Docker-compose ELK container fails to start

dockerdocker-composeelasticsearch

I am deploying a docker-compose stack of 5 applications on a single AWS EC2 host with 32GB RAM. This includes: 2 x Java containers, 2 x Rails containers, 1 x Elasticsearch/Logstash/Kibana (ELK) container (from https://hub.docker.com/r/sebp/elk/).

When I bring the stack up for the first time, all containers start. The ELK container takes about 3 minutes to start. The others come up straight away.

But the ELK containers exits after about 5 minutes. I can see from the logs that the elasticsearch service will not start. The log messages indicates a memory limitation error.

However, when I then tear everything down, and bring it up again, all the containers start straight away, including the ELK container, and everything remains stable. The issue only occurs the first time I start the stack on a new EC2 instance.

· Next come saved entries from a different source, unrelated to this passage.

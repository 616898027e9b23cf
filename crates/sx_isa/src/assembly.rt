//! Instructions as TI's guide writes them, the source before the destination, for code that writes
//! some out. `specs/Assembly.antt` has the same names.

use crate::instruction::Operand;

/// R0, the program counter.
pub const PC: Operand = Operand::Reg(0);

/// R1, the stack pointer.
pub const SP: Operand = Operand::Reg(1);

/// R2, the status register.
pub const SR: Operand = Operand::Reg(2);

/// The general register R4.
pub const R4: Operand = Operand::Reg(4);

/// The general register R5.
pub const R5: Operand = Operand::Reg(5);

/// The general register R6.
pub const R6: Operand = Operand::Reg(6);

/// The general register R7.
pub const R7: Operand = Operand::Reg(7);

/// The general register R8.
pub const R8: Operand = Operand::Reg(8);

/// The general register R9.
pub const R9: Operand = Operand::Reg(9);

/// The general register R10.
pub const R10: Operand = Operand::Reg(10);

/// The general register R11.
pub const R11: Operand = Operand::Reg(11);

/// The general register R12.
pub const R12: Operand = Operand::Reg(12);

/// The general register R13.
pub const R13: Operand = Operand::Reg(13);

/// The general register R14.
pub const R14: Operand = Operand::Reg(14);

/// The general register R15.
pub const R15: Operand = Operand::Reg(15);

/// `@SP+`.
pub const POPPED: Operand = Operand::Increment(1);

/// `0(SP)`.
pub const TOP: Operand = Operand::Indexed(1, 0);

/// One instruction by its mnemonic in the guide, as `instruction!(mov R12, TOP)`. A jump takes its
/// offset in words from the word after it.
#[macro_export]
macro_rules! instruction {
    (mov $s:expr, $d:expr) => {
        $crate::Instr::Two {
            op: $crate::Op2::Mov,
            byte: false,
            src: $s,
            dst: $d,
        }
    };
    (mov_b $s:expr, $d:expr) => {
        $crate::Instr::Two {
            op: $crate::Op2::Mov,
            byte: true,
            src: $s,
            dst: $d,
        }
    };
    (add $s:expr, $d:expr) => {
        $crate::Instr::Two {
            op: $crate::Op2::Add,
            byte: false,
            src: $s,
            dst: $d,
        }
    };
    (sub $s:expr, $d:expr) => {
        $crate::Instr::Two {
            op: $crate::Op2::Sub,
            byte: false,
            src: $s,
            dst: $d,
        }
    };
    (cmp $s:expr, $d:expr) => {
        $crate::Instr::Two {
            op: $crate::Op2::Cmp,
            byte: false,
            src: $s,
            dst: $d,
        }
    };
    (bis $s:expr, $d:expr) => {
        $crate::Instr::Two {
            op: $crate::Op2::Bis,
            byte: false,
            src: $s,
            dst: $d,
        }
    };
    (xor $s:expr, $d:expr) => {
        $crate::Instr::Two {
            op: $crate::Op2::Xor,
            byte: false,
            src: $s,
            dst: $d,
        }
    };
    (and $s:expr, $d:expr) => {
        $crate::Instr::Two {
            op: $crate::Op2::And,
            byte: false,
            src: $s,
            dst: $d,
        }
    };
    (push $s:expr) => {
        $crate::Instr::One {
            op: $crate::Op1::Push,
            byte: false,
            arg: $s,
        }
    };
    (call $s:expr) => {
        $crate::Instr::One {
            op: $crate::Op1::Call,
            byte: false,
            arg: $s,
        }
    };
    (pop $d:expr) => {
        $crate::instruction!(mov $crate::Operand::Increment(1), $d)
    };
    (ret) => {
        $crate::instruction!(pop $crate::assembly::PC)
    };
    (br $s:expr) => {
        $crate::instruction!(mov $s, $crate::assembly::PC)
    };
    (clr $d:expr) => {
        $crate::instruction!(mov $crate::Operand::Const(0), $d)
    };
    (tst $d:expr) => {
        $crate::instruction!(cmp $crate::Operand::Const(0), $d)
    };
    (inc $d:expr) => {
        $crate::instruction!(add $crate::Operand::Const(1), $d)
    };
    (incd $d:expr) => {
        $crate::instruction!(add $crate::Operand::Const(2), $d)
    };
    (dec $d:expr) => {
        $crate::instruction!(sub $crate::Operand::Const(1), $d)
    };
    (rla $d:expr) => {
        $crate::instruction!(add $d, $d)
    };
    (jnz $n:expr) => {
        $crate::Instr::Jump {
            cond: 0,
            offset: $n,
        }
    };
    (jz $n:expr) => {
        $crate::Instr::Jump {
            cond: 1,
            offset: $n,
        }
    };
    (jnc $n:expr) => {
        $crate::Instr::Jump {
            cond: 2,
            offset: $n,
        }
    };
    (jc $n:expr) => {
        $crate::Instr::Jump {
            cond: 3,
            offset: $n,
        }
    };
    (jge $n:expr) => {
        $crate::Instr::Jump {
            cond: 5,
            offset: $n,
        }
    };
    (jmp $n:expr) => {
        $crate::Instr::Jump {
            cond: 7,
            offset: $n,
        }
    };
    (wrap) => {
        $crate::Instr::Sancus(4)
    };
    (unwrap) => {
        $crate::Instr::Sancus(5)
    };
}
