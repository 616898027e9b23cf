//! The extension words of a decoded instruction.
//!
//! An instruction that was decoded before its extension words were available isn't decoded again:
//! by the law `extending`, the words are put into its operands.

ghost use Rattle.std.specs.Prelude.{◌≡◌, if◌then◌else◌};
ghost use Rattle.sx_isa.specs.Extending.{has_word, with_word};

use crate::instruction::Operand;

fn has_word(operand: Operand) -> bool
    ensures { result ≡ has_word operand }
{
    matches!(
        operand,
        Operand::Indexed(_, _) | Operand::Symbolic(_) | Operand::Absolute(_) | Operand::Immediate(_)
    )
}

/// The operand with this word in place of its extension word; an operand that has none stays.
#[inline(always)]
pub fn with_word(operand: Operand, word: u16) -> Operand
    ensures { result ≡ with_word operand word }
{
    match operand {
        Operand::Indexed(register, _) => Operand::Indexed(register, word),
        Operand::Symbolic(_) => Operand::Symbolic(word),
        Operand::Absolute(_) => Operand::Absolute(word),
        Operand::Immediate(_) => Operand::Immediate(word),
        Operand::Reg(_) | Operand::Indirect(_) | Operand::Increment(_) | Operand::Const(_) =>
            operand,
    }
}

/// Which of two words is the destination's: the source's comes first.
#[inline(always)]
fn word_behind(src: Operand, w1: u16, w2: u16) -> u16
    ensures { result ≡ if has_word src then w2 else w1 }
{
    if has_word(src) { w2 } else { w1 }
}

/// The operands of an instruction that has two, with these words in place of their extension words,
/// the source's first.
#[inline(always)]
pub fn with_words(src: Operand, dst: Operand, w1: u16, w2: u16) -> (Operand, Operand)
    ensures { result ≡ (with_word src w1, with_word dst (if has_word src then w2 else w1)) }
{
    (with_word(src, w1), with_word(dst, word_behind(src, w1, w2)))
}
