//! The instruction words of the MSP430 (TI, MSP430x2xx Family User's Guide, "CPU") with the Sancus
//! instructions: which instructions there are, how they are spelled in words and how words are
//! read.
//!
//! `encode` gives the words of an instruction and `decode` reads them back; `valid` and `length`
//! are the tests to make before them. `with_word` and `with_words` put extension words into operands
//! that were decoded before they were available. None of them takes memory. `assembly` has
//! instructions as TI's guide writes them, for code that writes some out; a list of them has words
//! where `specs/Shaped.antt` computes so. What must be believed is in specs/: Spelling.antt (the
//! words of an instruction), Legal.antt (what is allowed of an operation on one operand) and
//! Instructions.antt (which instructions there are, and which first words none has). Reading.antt
//! computes the instruction from the fields of its first word, for proofs on given words; `laws`
//! shows that it agrees.
#![tactic(auto)]

pub mod assembly;
mod extension;
mod fields;
pub mod instruction;
pub mod laws;
pub mod reading;
pub mod writing;

pub use extension::{with_word, with_words};
pub use instruction::{Instr, Op1, Op2, Operand, Words};
pub use reading::{decode, length};
pub use writing::{encode, valid};
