//! What holds of every instruction, for proofs on words that call nothing. Each law is a function
//! that does nothing: its contract is the law.

ghost use Rattle.std.specs.Prelude.{◌≡◌, ℕ, ◌+◌, ◌*◌, ◌%◌, ◌<◌, List, ◌∷◌, [], ◌++◌, ◌↔◌, length};
ghost use Rattle.sx_isa.specs.Instructions.{IsWord, IsInstruction, IsIllegal, BeginsWith};
ghost use Rattle.sx_isa.specs.Reading.{instruction_at, length_of};
ghost use Rattle.sx_isa.specs.Extending.{extended};
ghost use Rattle.sx_isa.specs.Spelling.{spelling};
ghost use Rattle.sx_isa.specs.Instructions.{first_word};
ghost use Rattle.sx_isa.specs.Standing.{word_at, WordsStand, InstructionStands, AllStand};
ghost use Rattle.sx_isa.specs.Standing.{AreInstructions, words_of};
ghost use Rattle.sx_isa.specs.declared.instruction.Instr.{Instr};

/// No two instructions have the same words, whatever follows them.
pub fn one_spelling()
    ensures { (i j : Instr) → IsInstruction i → IsInstruction j →
        (x y : List ℕ) → spelling i ++ x ≡ spelling j ++ y → i ≡ j }
{}

/// The computing reading finds an instruction exactly where its words come first, and nothing
/// exactly where the first word is illegal.
pub fn reading()
    ensures found { (w0 w1 w2 n : ℕ) (i : Instr) → IsWord w0 → IsWord w1 → IsWord w2 →
        (instruction_at w0 w1 w2 ≡ Some (record { 0 = i; 1 = n }))
        ↔ BeginsWith (w0 ∷ w1 ∷ w2 ∷ []) i n }
    ensures none { (w0 w1 w2 : ℕ) → IsWord w0 → IsWord w1 → IsWord w2 →
        (instruction_at w0 w1 w2 ≡ None) ↔ IsIllegal w0 }
{}

/// The computed length is that of the instructions with this first word, and of the reading
/// whatever follows it.
pub fn lengths()
    ensures found { (w0 n : ℕ) → IsWord w0 →
        (length_of w0 ≡ Some n)
        ↔ ((i : Instr) × IsInstruction i × (first_word i ≡ w0) × (length (spelling i) ≡ n)) }
    ensures none { (w0 : ℕ) → IsWord w0 → (length_of w0 ≡ None) ↔ IsIllegal w0 }
    ensures read { (w0 w1 w2 n : ℕ) →
        (length_of w0 ≡ Some n)
        ↔ ((i : Instr) × (instruction_at w0 w1 w2 ≡ Some (record { 0 = i; 1 = n }))) }
{}

/// Other extension words after a first word change the operands of its instruction alone.
pub fn extending()
    ensures { (w0 v1 v2 w1 w2 n : ℕ) (i : Instr) →
        instruction_at w0 v1 v2 ≡ Some (record { 0 = i; 1 = n }) →
        instruction_at w0 w1 w2 ≡ Some (record { 0 = extended i w1 w2; 1 = n }) }
{}

/// Instructions in memory: an instruction that is there is read there; instructions are where
/// their words do, are put together, may be addressed modulo 65,536, and stay where their words
/// stay.
pub fn standing()
    ensures begins { (bytes : List ℕ) (a : ℕ) (i : Instr) → InstructionStands bytes a i →
        BeginsWith (word_at bytes a ∷ word_at bytes (a + 2) ∷ word_at bytes (a + 4) ∷ [])
        i (length (spelling i)) }
    ensures reads { (bytes : List ℕ) (a : ℕ) (i : Instr) → InstructionStands bytes a i →
        instruction_at (word_at bytes a) (word_at bytes (a + 2)) (word_at bytes (a + 4))
        ≡ Some (record { 0 = i; 1 = length (spelling i) }) }
    ensures words { (bytes : List ℕ) (is : List Instr) (a : ℕ) →
        AllStand bytes a is ↔ (AreInstructions is × WordsStand bytes a (words_of is)) }
    ensures append { (bytes : List ℕ) (is js : List Instr) (a : ℕ) →
        AllStand bytes a (is ++ js)
        ↔ (AllStand bytes a is × AllStand bytes (a + 2 * length (words_of is)) js) }
    ensures modulo { (bytes : List ℕ) (is : List Instr) (a b : ℕ) →
        a % 65536 ≡ b % 65536 → AllStand bytes a is → AllStand bytes b is }
    ensures kept { (m n : List ℕ) (is : List Instr) (a : ℕ) →
        ((k : ℕ) → k < length (words_of is) → word_at m (a + 2 * k) ≡ word_at n (a + 2 * k)) →
        AllStand m a is → AllStand n a is }
{}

I can see from the docker stats that the ELK container is only using 2-3GB of the 32GB RAM available on the instance.

The ELK container is configured as follows:

elk:
  image: sebp/elk
  hostname: elk
  container_name: elk
  volumes:
    - ./pipeline/:/etc/logstash/conf.d/
  tty: true
  expose:
    - "12201/udp"
  network_mode: host
  ports:
    - "5601:5601"
    - "9200:9200"
    - "12201:12201"
  ulimits:
    nofile:
      soft: 65536
      hard: 65536

There are no dependencies between the containers on start up.

What is happening with elasticsearch when it first runs that cause the container to fail when starting?

Best Answer

The issue here was that the sebp/elb image contains a timeout parameter that was expiring before elasticsearch could start.

The is controlled by the ES_CONNECT_RETRY environment variable, which is set to 30 secs by default. Elasticsearch takes longer than this to start the first time, so when I set this to 300 secs, it worked. You can add this as an environment variable for the elk container in your docker-compose manifest.

elk:
  image: sebp/elk
  hostname: elk
  container_name: elk
  environment:
   - ES_CONNECT_RETRY=300

In addition to this, you also need to set the COMPOSE_HTTP_TIMEOUT environment variable before you run docker-compose, as otherwise, docker-compose will time out before elasticsearch can start. You should set the value to something greater than you set for ES_CONNECT_RETRY eg

COMPOSE_HTTP_TIMEOUT=360

Its possible that this is occurring because I am using a larger Ec2 instance (32GB RAM). It may not be an issue on smaller instances.